_EXERCISE INSTRUCTIONS_.
From the line holding "let mut fault: u32 = 1;" to the final line of the entries, set down each line exactly, including both, and nothing more.

_Dataset entries_.

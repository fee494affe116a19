//! What the operator commands, which sessions are lost, and whose turns are asked for.

ghost use Rattle.std.specs.Prelude.{◌≡◌, map, IfOk, length, ◌≤◌};
ghost use Rattle.plan_orders.specs.Operators.{operator_of};
ghost use Rattle.plan_orders.specs.TurnOrder.Turns.{turns_of};
ghost use Rattle.plan_data.specs.declared.plan.TheConstants.{CLIENT_LIMIT};
ghost use Rattle.plan_keys.specs.PlanKeys.{text_data, key_data};
ghost use Rattle.plan_reader.specs.Orders.{has_many_orders, few_orders, numbered_loss, faults_of, orders_of, order_data};
ghost use Rattle.plan_reader.specs.Refusals.{of_operator, of_turns};
ghost use Rattle.base_values.specs.Faults.{Answers};

use crate::fault::{PlanFault, PlanRefusal};
use crate::limits::{COMMAND_LIMIT, ORDER_LIMIT};
use base_script::{Commands, Loss};
use base_values::{Sequence, because};
use plan_data::{ActorRuns, Losses};
use plan_keys::{KeyRefusal, PlanKeys, PlanTexts};
use plan_orders::turn_order::{has_more_turns, read_turns};
use plan_orders::{has_more_commands, read_fault, read_operator};
use std::alloc::{AllocError, Global};

/// What is ordered beside the clients' scripts.
#[derive(Drop)]
pub struct Orders {
    /// The operator's commands.
    pub operator: Commands,
    /// The losses of sessions.
    pub faults: Losses,
    /// The order of turns that is asked for.
    pub turns: ActorRuns,
}

/// Whether there are more commands or more turns than a plan may have.
fn has_many_orders(alloc: Global, texts: &PlanTexts<'_>) -> Result<bool, AllocError>
    ensures { IfOk result (λ many. many ≡ has_many_orders (text_data texts.now)) }
{
    Ok(
        has_more_commands(alloc, COMMAND_LIMIT, texts.operator)?
            || has_more_turns(alloc, ORDER_LIMIT, texts.turns)?,
    )
}

/// The keys, where there are no more commands and turns than a plan may have.
pub fn few_orders<'a>(alloc: Global, keys: PlanKeys<'a>) -> Result<PlanKeys<'a>, PlanFault>
    requires { length keys.texts.clients.items ≤ CLIENT_LIMIT }
    ensures keys { Answers key_data result (few_orders (key_data keys.entry)) }
    ensures few { IfOk result (λ keys. length keys.texts.clients.items ≤ CLIENT_LIMIT) }
{
    if has_many_orders(alloc, &keys.texts)? {
        return Err(PlanFault::Refused(PlanRefusal::Keys(KeyRefusal::TooMany)));
    }
    Ok(keys)
}

fn operator_of(alloc: Global, text: &str) -> Result<Commands, PlanFault>
    ensures { Answers (λ commands. commands) result (of_operator (operator_of text.now)) }
{
    because(read_operator(alloc, text), PlanRefusal::Operator)
}

/// The loss of this number.
fn loss_of(alloc: Global, clients: u32, fault: u32, text: &str) -> Result<Loss, PlanFault>
    ensures { Answers (λ loss. loss) result (numbered_loss clients fault text.now) }
{
    because(
        read_fault(alloc, text, clients),
        |refusal| PlanRefusal::Fault { fault, refusal },
    )
}

fn faults_of(alloc: Global, clients: u32, texts: &[&str]) -> Result<Losses, PlanFault>
    ensures { Answers (λ losses. losses) result (faults_of clients (map (λ text. text.now) texts.now)) }
{
    let mut losses = Sequence::new(alloc);
    let mut fault: u32 = 1;
    for text in texts {
        let loss = loss_of(alloc, clients, fault, text)?;
        losses.push(loss)?;
        fault = fault.saturating_add(1);
    }
    Ok(losses)
}

fn turns_of(alloc: Global, clients: u32, text: &str) -> Result<ActorRuns, PlanFault>
    ensures { Answers (λ runs. runs) result (of_turns (turns_of clients text.now)) }
{
    because(read_turns(alloc, text, clients), PlanRefusal::Turn)
}

/// The orders of a plan with `clients` clients.
#[tactic(auto, unfolding(crate::specs::Orders::orders_of))]
pub fn orders_of(alloc: Global, clients: u32, texts: &PlanTexts<'_>) -> Result<Orders, PlanFault>
    ensures { Answers order_data result (orders_of clients (text_data texts.now)) }
{
    let operator = operator_of(alloc, texts.operator)?;
    let faults = faults_of(alloc, clients, texts.faults.as_slice())?;
    let turns = turns_of(alloc, clients, texts.turns)?;
    Ok(Orders {
        operator,
        faults,
        turns,
    })
}
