//! The order of turns that a plan asks for.

use base_script::Actor;
use base_values::Sequence;

/// Turns of one actor, one after the other, as a word of a plan's `turns` asks for them: `copy*3`.
#[derive(Clone, Copy)]
pub struct ActorRun {
    /// Whose turns.
    pub actor: Actor,
    /// How many.
    pub times: u32,
}

/// Runs of turns in order.
pub type ActorRuns = Sequence<ActorRun>;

_RESPONSE TO THIS TASK_.
    let mut fault: u32 = 1;
    for text in texts {
        let loss = loss_of(alloc, clients, fault, text)?;
        losses.push(loss)?;
        fault = fault.saturating_add(1);
    }
    Ok(losses)
}

fn turns_of(alloc: Global, clients: u32, text: &str) -> Result<ActorRuns, PlanFault>
    ensures { Answers (λ runs. runs) result (of_turns (turns_of clients text.now)) }
{
    because(read_turns(alloc, text, clients), PlanRefusal::Turn)
}

/// The orders of a plan with `clients` clients.
#[tactic(auto, unfolding(crate::specs::Orders::orders_of))]
pub fn orders_of(alloc: Global, clients: u32, texts: &PlanTexts<'_>) -> Result<Orders, PlanFault>
    ensures { Answers order_data result (orders_of clients (text_data texts.now)) }
{
    let operator = operator_of(alloc, texts.operator)?;
    let faults = faults_of(alloc, clients, texts.faults.as_slice())?;
    let turns = turns_of(alloc, clients, texts.turns)?;
    Ok(Orders {
        operator,
        faults,
        turns,
    })
}
//! The order of turns that a plan asks for.

use base_script::Actor;
use base_values::Sequence;

/// Turns of one actor, one after the other, as a word of a plan's `turns` asks for them: `copy*3`.
#[derive(Clone, Copy)]
pub struct ActorRun {
    /// Whose turns.
    pub actor: Actor,
    /// How many.
    pub times: u32,
}

/// Runs of turns in order.
pub type ActorRuns = Sequence<ActorRun>;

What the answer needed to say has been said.